[Stored records]
^^^^^^^^^^^^^^^^

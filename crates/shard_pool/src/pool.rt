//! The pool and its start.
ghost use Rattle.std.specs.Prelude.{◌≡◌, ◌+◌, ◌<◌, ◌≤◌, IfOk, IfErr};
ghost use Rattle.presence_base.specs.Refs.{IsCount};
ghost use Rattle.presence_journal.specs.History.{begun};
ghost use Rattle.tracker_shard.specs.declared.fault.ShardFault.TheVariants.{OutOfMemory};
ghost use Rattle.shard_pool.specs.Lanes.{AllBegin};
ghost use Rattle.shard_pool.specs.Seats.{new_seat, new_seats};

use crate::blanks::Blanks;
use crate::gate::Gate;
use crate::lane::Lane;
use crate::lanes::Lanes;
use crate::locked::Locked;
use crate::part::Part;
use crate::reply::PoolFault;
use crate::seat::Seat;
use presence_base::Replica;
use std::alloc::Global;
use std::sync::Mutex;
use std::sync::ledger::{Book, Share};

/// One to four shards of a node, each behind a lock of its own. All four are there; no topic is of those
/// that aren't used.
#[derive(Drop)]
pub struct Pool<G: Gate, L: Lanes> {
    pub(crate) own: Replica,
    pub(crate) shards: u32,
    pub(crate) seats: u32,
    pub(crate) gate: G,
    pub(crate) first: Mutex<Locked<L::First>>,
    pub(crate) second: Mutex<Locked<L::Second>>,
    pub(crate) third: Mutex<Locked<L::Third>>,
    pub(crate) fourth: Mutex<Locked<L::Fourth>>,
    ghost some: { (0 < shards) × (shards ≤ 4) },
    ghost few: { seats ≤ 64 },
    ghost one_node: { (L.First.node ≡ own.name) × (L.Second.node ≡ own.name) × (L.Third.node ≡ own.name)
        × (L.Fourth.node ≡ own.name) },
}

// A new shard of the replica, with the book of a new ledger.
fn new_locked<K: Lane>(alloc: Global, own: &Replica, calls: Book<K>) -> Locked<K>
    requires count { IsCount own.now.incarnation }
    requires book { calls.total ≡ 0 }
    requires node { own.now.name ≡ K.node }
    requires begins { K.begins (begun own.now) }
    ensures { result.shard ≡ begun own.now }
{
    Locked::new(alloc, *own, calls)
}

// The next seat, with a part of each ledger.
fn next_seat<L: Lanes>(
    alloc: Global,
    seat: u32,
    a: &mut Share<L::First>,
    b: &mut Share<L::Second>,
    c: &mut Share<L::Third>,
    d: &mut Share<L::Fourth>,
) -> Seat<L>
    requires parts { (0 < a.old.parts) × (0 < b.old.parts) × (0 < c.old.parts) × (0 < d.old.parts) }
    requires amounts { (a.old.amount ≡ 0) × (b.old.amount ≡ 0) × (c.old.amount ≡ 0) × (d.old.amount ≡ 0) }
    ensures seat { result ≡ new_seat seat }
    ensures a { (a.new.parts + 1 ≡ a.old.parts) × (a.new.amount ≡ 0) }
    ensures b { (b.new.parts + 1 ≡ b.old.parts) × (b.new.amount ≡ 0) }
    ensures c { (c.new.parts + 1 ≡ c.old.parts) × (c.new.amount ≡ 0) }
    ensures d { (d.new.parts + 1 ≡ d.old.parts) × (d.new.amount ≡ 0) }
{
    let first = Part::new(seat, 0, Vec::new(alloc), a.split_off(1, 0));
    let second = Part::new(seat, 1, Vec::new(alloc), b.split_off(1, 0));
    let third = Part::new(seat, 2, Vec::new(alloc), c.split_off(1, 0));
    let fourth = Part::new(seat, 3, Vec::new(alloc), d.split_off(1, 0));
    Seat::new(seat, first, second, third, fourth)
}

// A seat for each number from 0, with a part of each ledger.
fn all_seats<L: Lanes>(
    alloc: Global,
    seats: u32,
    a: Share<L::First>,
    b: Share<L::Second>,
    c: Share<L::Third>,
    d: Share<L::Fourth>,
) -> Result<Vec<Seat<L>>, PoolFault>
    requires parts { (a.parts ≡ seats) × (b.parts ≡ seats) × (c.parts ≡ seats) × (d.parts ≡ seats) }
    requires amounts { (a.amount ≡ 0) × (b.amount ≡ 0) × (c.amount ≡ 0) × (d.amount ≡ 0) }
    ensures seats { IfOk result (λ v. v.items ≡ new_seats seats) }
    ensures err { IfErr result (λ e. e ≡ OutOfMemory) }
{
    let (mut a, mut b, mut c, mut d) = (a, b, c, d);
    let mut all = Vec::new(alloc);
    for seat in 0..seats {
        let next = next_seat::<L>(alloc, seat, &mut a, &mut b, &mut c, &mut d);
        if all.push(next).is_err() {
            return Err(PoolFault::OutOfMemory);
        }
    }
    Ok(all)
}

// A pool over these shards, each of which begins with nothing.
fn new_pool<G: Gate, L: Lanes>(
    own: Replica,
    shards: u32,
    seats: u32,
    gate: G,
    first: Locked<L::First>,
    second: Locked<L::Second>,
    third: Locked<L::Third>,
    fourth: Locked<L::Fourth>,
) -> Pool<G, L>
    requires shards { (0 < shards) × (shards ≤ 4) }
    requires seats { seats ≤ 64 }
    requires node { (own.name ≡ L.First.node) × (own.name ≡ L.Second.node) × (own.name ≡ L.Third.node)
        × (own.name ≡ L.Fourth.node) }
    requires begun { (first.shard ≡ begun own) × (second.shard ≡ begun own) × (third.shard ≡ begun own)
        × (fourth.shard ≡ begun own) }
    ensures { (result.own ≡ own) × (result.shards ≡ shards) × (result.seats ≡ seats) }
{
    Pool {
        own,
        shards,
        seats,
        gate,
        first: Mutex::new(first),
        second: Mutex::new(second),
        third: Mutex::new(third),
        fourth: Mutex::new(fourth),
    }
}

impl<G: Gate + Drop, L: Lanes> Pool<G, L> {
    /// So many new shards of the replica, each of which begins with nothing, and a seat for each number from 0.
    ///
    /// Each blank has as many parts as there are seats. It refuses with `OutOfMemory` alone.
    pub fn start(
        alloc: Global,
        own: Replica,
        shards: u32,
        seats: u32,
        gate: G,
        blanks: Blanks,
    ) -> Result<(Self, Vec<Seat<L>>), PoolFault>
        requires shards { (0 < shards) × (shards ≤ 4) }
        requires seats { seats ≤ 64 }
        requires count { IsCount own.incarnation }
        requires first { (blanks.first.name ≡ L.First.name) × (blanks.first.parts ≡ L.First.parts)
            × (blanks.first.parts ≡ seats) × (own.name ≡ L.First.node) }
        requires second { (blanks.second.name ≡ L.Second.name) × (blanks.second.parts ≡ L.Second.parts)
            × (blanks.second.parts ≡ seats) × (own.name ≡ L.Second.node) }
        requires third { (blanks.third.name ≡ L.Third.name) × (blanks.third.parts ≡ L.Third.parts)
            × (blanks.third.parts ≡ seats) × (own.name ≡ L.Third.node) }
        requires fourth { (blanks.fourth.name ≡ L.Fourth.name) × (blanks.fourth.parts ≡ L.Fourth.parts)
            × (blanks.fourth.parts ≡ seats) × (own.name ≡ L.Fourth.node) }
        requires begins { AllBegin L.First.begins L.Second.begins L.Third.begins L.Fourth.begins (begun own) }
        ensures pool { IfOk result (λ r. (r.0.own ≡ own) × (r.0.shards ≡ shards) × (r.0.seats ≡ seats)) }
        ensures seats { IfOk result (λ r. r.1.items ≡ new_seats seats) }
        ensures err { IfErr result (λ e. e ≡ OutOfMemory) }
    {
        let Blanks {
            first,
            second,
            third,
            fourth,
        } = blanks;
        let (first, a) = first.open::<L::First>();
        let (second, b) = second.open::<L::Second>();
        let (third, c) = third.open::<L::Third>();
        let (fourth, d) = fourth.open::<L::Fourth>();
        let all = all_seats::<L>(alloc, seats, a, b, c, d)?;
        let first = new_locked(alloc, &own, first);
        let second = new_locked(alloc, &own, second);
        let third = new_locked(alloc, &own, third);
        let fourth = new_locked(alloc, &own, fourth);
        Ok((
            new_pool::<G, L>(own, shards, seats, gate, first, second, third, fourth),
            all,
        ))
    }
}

^^^^^^^^^^^^^^^^

• **Prompt**
The line above containing "(a.amount ≡ 0)", the line containing "let mut all = Vec::new(alloc);", and every line between them are to be transcribed exactly; no other line is wanted.

• **Exercise answer**
    requires amounts { (a.amount ≡ 0) × (b.amount ≡ 0) × (c.amount ≡ 0) × (d.amount ≡ 0) }
    ensures seats { IfOk result (λ v. v.items ≡ new_seats seats) }
    ensures err { IfErr result (λ e. e ≡ OutOfMemory) }
{
    let (mut a, mut b, mut c, mut d) = (a, b, c, d);
    let mut all = Vec::new(alloc);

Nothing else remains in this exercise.